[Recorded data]

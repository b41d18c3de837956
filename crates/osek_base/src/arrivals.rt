//! OSEK/VDX OS: interrupt processing, category 2. Arrivals of interrupts.

ghost use Rattle.std.specs.Prelude.{◌≡◌, ◌↔◌, IsTrue, IsSome, IfSome};
ghost use Rattle.osek_base.specs.ArrivalList.{are_in_order, is_arrival_list};

use crate::ids::IsrId;
use crate::limits::{MAX_ARRIVALS, MAX_TICKS};
use std::marker::Model;

/// A routine's interrupt arrives at a tick.
#[derive(Clone, Copy)]
pub struct Arrival {
    /// The tick, below [`MAX_TICKS`] in a list of arrivals.
    pub tick: u32,
    pub routine: IsrId,
}

/// The arrivals of a run, at most [`MAX_ARRIVALS`], at ticks that don't fall and are below [`MAX_TICKS`]. Seen as the list.
#[derive(Drop)]
pub struct Arrivals {
    list: Vec<Arrival>,
}

impl Model for Arrivals {
    ghost use Rattle.std.specs.Prelude.{List, IsTrue};
    ghost use Rattle.osek_base.specs.declared.arrivals.Arrival.{Arrival};
    ghost use Rattle.osek_base.specs.ArrivalList.{is_arrival_list};

    ghost Value = { List Arrival };

    ghost view = { λ a. a.list.items };

    ghost invariant = { λ a. IsTrue (is_arrival_list a.list.items) };
}

impl Arrivals {
    /// The arrivals in that list, where it keeps the order and the limits.
    pub fn new(list: Vec<Arrival>) -> Option<Self>
        ensures kept { IsSome result ↔ IsTrue (is_arrival_list list.items) }
        ensures value { IfSome result (λ arrivals. arrivals ≡ list.items) }
    {
        if list.len() <= MAX_ARRIVALS && are_in_order(list.as_slice()) {
            Some(Arrivals { list })
        } else {
            None
        }
    }

    /// The arrivals, in order.
    pub fn list(&self) -> &[Arrival]
        ensures value { result.now ≡ self.now }
        ensures kept { IsTrue (is_arrival_list self.now) }
    {
        self.list.as_slice()
    }
}

fn are_in_order(arrivals: &[Arrival]) -> bool
    ensures { result ≡ are_in_order 0 arrivals.now }
{
    let mut least = 0;
    for arrival in arrivals {
        if arrival.tick < least || arrival.tick >= MAX_TICKS {
            return false;
        }
        least = arrival.tick;
    }
    true
}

→ **What to work on**:
The data should be written out again in full, exactly as it stands.

→ **Task answer**:
repository b41d18c3de837956
filename crates/osek_base/src/arrivals.rt
//! OSEK/VDX OS: interrupt processing, category 2. Arrivals of interrupts.

ghost use Rattle.std.specs.Prelude.{◌≡◌, ◌↔◌, IsTrue, IsSome, IfSome};
ghost use Rattle.osek_base.specs.ArrivalList.{are_in_order, is_arrival_list};

use crate::ids::IsrId;
use crate::limits::{MAX_ARRIVALS, MAX_TICKS};
use std::marker::Model;

/// A routine's interrupt arrives at a tick.
#[derive(Clone, Copy)]
pub struct Arrival {
    /// The tick, below [`MAX_TICKS`] in a list of arrivals.
    pub tick: u32,
    pub routine: IsrId,
}

/// The arrivals of a run, at most [`MAX_ARRIVALS`], at ticks that don't fall and are below [`MAX_TICKS`]. Seen as the list.
#[derive(Drop)]
pub struct Arrivals {
    list: Vec<Arrival>,
}

impl Model for Arrivals {
    ghost use Rattle.std.specs.Prelude.{List, IsTrue};
    ghost use Rattle.osek_base.specs.declared.arrivals.Arrival.{Arrival};
    ghost use Rattle.osek_base.specs.ArrivalList.{is_arrival_list};

    ghost Value = { List Arrival };

    ghost view = { λ a. a.list.items };

    ghost invariant = { λ a. IsTrue (is_arrival_list a.list.items) };
}

impl Arrivals {
    /// The arrivals in that list, where it keeps the order and the limits.
    pub fn new(list: Vec<Arrival>) -> Option<Self>
        ensures kept { IsSome result ↔ IsTrue (is_arrival_list list.items) }
        ensures value { IfSome result (λ arrivals. arrivals ≡ list.items) }
    {
        if list.len() <= MAX_ARRIVALS && are_in_order(list.as_slice()) {
            Some(Arrivals { list })
        } else {
            None
        }
    }

    /// The arrivals, in order.
    pub fn list(&self) -> &[Arrival]
        ensures value { result.now ≡ self.now }
        ensures kept { IsTrue (is_arrival_list self.now) }
    {
        self.list.as_slice()
    }
}

fn are_in_order(arrivals: &[Arrival]) -> bool
    ensures { result ≡ are_in_order 0 arrivals.now }
{
    let mut least = 0;
    for arrival in arrivals {
        if arrival.tick < least || arrival.tick >= MAX_TICKS {
            return false;
        }
        least = arrival.tick;
    }
    true
}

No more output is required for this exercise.